● Exercise aim
All that is wanted is a word-for-word copy of the data from its first line to the line containing "the node then", both included.

● Material provided
//! A node of a concentrator pair: it takes the streams of PMUs, aligns them by time tag and gives one row for each
//! instant.
//!
//! The first type to look at is [`Node`]: settings, an alignment, and counts of how arrivals were answered. Its calls are those of a
//! [`Core`].
//!
//! The promise to the layers above: for every life that a node stands for, each call answers as the life does, and the node then
//! stands for the life with that step more. No call after [`Node::open`] takes memory, save a layout for which there is no room.
#![tactic(auto)]

mod answering;
mod node;
mod opens;

pub use node::Node;
pub use opens::copy_of;
pub use pdc_arrival::{CAUSES, Counts, causes_are_told_apart};
pub use pdc_core::{Core, CoreStep, KeptArrival, Reads, Reply};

● Answer box
//! A node of a concentrator pair: it takes the streams of PMUs, aligns them by time tag and gives one row for each
//! instant.
//!
//! The first type to look at is [`Node`]: settings, an alignment, and counts of how arrivals were answered. Its calls are those of a
//! [`Core`].
//!
//! The promise to the layers above: for every life that a node stands for, each call answers as the life does, and the node then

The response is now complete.